I once was lost, but now am found;
Was blind, but now I see.[1]
Oh the nearness of God! The priests of Baal may have shouted and pleaded in vain for their god to hear them and to rain down fire from heaven, all to show the nation of Israel that Baal was the true god (1 Kings 18:20-29). We are not like the priests of Baal. We are not like the priests of pagan Greece. We are not like the pagans of antiquity, or as the unbelievers and skeptics of our age. But we, like Elijah, call upon the true God who sent fire down upon the altar, consuming everything as an absolute declaration that He is the true God, the near God, the ever-present God (1 Kings 18:30-40).

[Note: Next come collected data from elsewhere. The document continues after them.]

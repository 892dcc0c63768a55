#![tactic(auto)]
// What the tally's bits and the erase between them leave.
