//! What holds as long as a thread is alone. Nothing is computed: the call states a fact, by its clause.
ghost use Rattle.st_gate.specs.Exclusion.{ExcludesOthers};
ghost use Rattle.st_rule.specs.Seats.{told_of};

use crate::kinds::Alone;
use st_events::Judge;
use st_rule::Shared;

impl<J: Judge> Alone<J> {
    /// While this value lives, no other seat of the table is Inside or Alone.
    pub fn excludes_others(&self, shared: &Shared<J>)
        ensures { ExcludesOthers (told_of J.meant J.right shared.now) self.now.seat }
    {}
}
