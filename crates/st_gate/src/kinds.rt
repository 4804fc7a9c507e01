//! A seat that is inside the gate, and one that is alone.
ghost use Rattle.st_gate.specs.Phases.{IsAlone, IsInside};
ghost use Rattle.st_rule.specs.Seats.{HoldsNothing};

use st_events::Judge;
use st_rule::MutSeat;

/// The seat of a mutator that is inside the gate and holds no object. It must be spent by `leave`.
pub struct Inside<J: Judge> {
    pub seat: MutSeat<J>,
    pub ghost inside: { IsInside seat },
    pub ghost hand: { HoldsNothing seat },
}

/// The seat of a thread that has closed the gate and is alone. It must be spent by `open_gate`.
pub struct Alone<J: Judge> {
    pub seat: MutSeat<J>,
    pub ghost alone: { IsAlone seat },
}
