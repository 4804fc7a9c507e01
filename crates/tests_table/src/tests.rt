//! Rows of the table of the threads.

mod counting;
mod gates;
mod judges;
mod seats;
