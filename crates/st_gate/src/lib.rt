//! The gate: it keeps mutators out while one thread is alone with the table.
//! Mutators enter and leave; one that closes the gate waits until every other is out.
#![tactic(auto)]

mod closing;
mod entering;
mod kinds;
mod laws;

pub use closing::{close_gate, open_gate};
pub use entering::{enter, leave};
pub use kinds::{Alone, Inside};
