//! Rows of the shared table: a seat that goes in and out, the gate by one thread and by three, and four threads that count one word up.
//! Tests alone; they stand apart from st_rule, st_gate and st_barrier, since a crate is proved again whole with its tests.
#![tactic(auto)]

#[cfg(test)]
mod tests;
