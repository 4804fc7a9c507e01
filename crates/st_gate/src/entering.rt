//! How a mutator enters the gate, and leaves it.
//!
//! Why no mutator is inside while another thread is alone: to enter, a mutator first sets its flag and then looks at the closing
//! word; to close, a thread first takes the closing word and then sees each flag. Of two that do so at the same time, the one whose
//! second step comes last finds what the other did first. So a mutator that finds the closing word 0 is seen by every later closer,
//! and a closer that finds a flag clear knows that its mutator will find the closing word set.
//!
//! A mutator that finds it set steps back: it clears its flag before it waits. With its flag up, it and the closer would wait for each
//! other for ever.
ghost use Rattle.st_gate.specs.Later.{IsLater};
ghost use Rattle.st_gate.specs.Phases.{IsOutside};
ghost use Rattle.st_rule.specs.Seats.{IsSeatOf, IsFair};

use crate::kinds::Inside;
use st_events::Judge;
use st_rule::{MutSeat, Shared};
use std::sync::Wait;
use std::thread;

/// Enters the gate. Waits while the gate is closed.
pub fn enter<J: Judge, R: Wait>(rt: &R, shared: &Shared<J>, mut seat: MutSeat<J>) -> Inside<J>
    requires table { IsSeatOf J.meant shared.now seat }
    requires phase { IsOutside seat }
    ensures later { IsLater seat result.seat }
    ensures fair { IsFair result.seat }
{
    for _ in rt.forever() {
        shared.flag_in(&mut seat);
        if shared.look(&mut seat) {
            return Inside { seat };
        }
        shared.flag_out(&mut seat);
        thread::yield_now();
    }
    unreachable!()
}

/// Leaves the gate.
pub fn leave<J: Judge>(shared: &Shared<J>, inside: Inside<J>) -> MutSeat<J>
    requires table { IsSeatOf J.meant shared.now inside.seat }
    ensures phase { IsOutside result }
    ensures later { IsLater inside.seat result }
    ensures fair { IsFair result }
{
    let Inside { seat: mut visitor } = inside;
    shared.flag_out(&mut visitor);
    visitor
}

This is the God we worship, this is the God we abide in, a God whose feats are not like mortal man’s, but whose feats can only be attributed to the one true God, for his feats are marvelously divine. Who can compare with the wondrous deeds of God? Who created the world from ex nihilo (Genesis 1:1)? Who parted the Red Sea (Exodus 14)? Who fed a whole people with mana from heaven (Exodus 16)? Who caused time to stand still (Joshua 10:1-15)? Who caused the sun to turn back but for a moment (2 Kings 20:8-11)? Who raised (not merely resuscitated) the dead (2 Kings 4:18-37; Matthew 9:18-26; John 11:1-44)? Most importantly, most marvelously, most miraculously, who has provided the means for man to be forgiven, redeemed and renewed (Matthew 26:28; John 3:16; Revelation 21:5)? Our God, the God of Scripture, the God of Christian theism, there is no other, and no one comes close.
As the Psalmist writes, “We give thanks to you, O God; we give thanks, for your name is near” (Ps. 75:1). And what nearness that is, it is a nearness that, if embraced, will result in the experience of God’s most wondrous deed, for as Charles Spurgeon had put it: “Nearness to God brings likeness to God. The more you see God the more of God will be seen in you.”[2]
May we express our thankfulness unto the Lord for all that we have, and for His nearness that makes all that we have pleasing and enjoyable, for without His nearness all would be vanity (Eccl. 1:2-11). And may we not only express our thanks on the day of Thanksgiving, as if that day were to be more important than any other day, but every waking moment of every passing day. “We give thanks to you, O God…”
[1] “Amazing Grace”, Hymnary.org. Accessed September 28, 2021, http://www.hymnary.org/text/amazing_grace_how_sweet_the_sound/.
[2] Charles Spurgeon, The Complete Works of C.H. Spurgeon, Vol. 29: Sermons 1698-1756 (Delmarva Publications, 2015), No. 1725, Part III.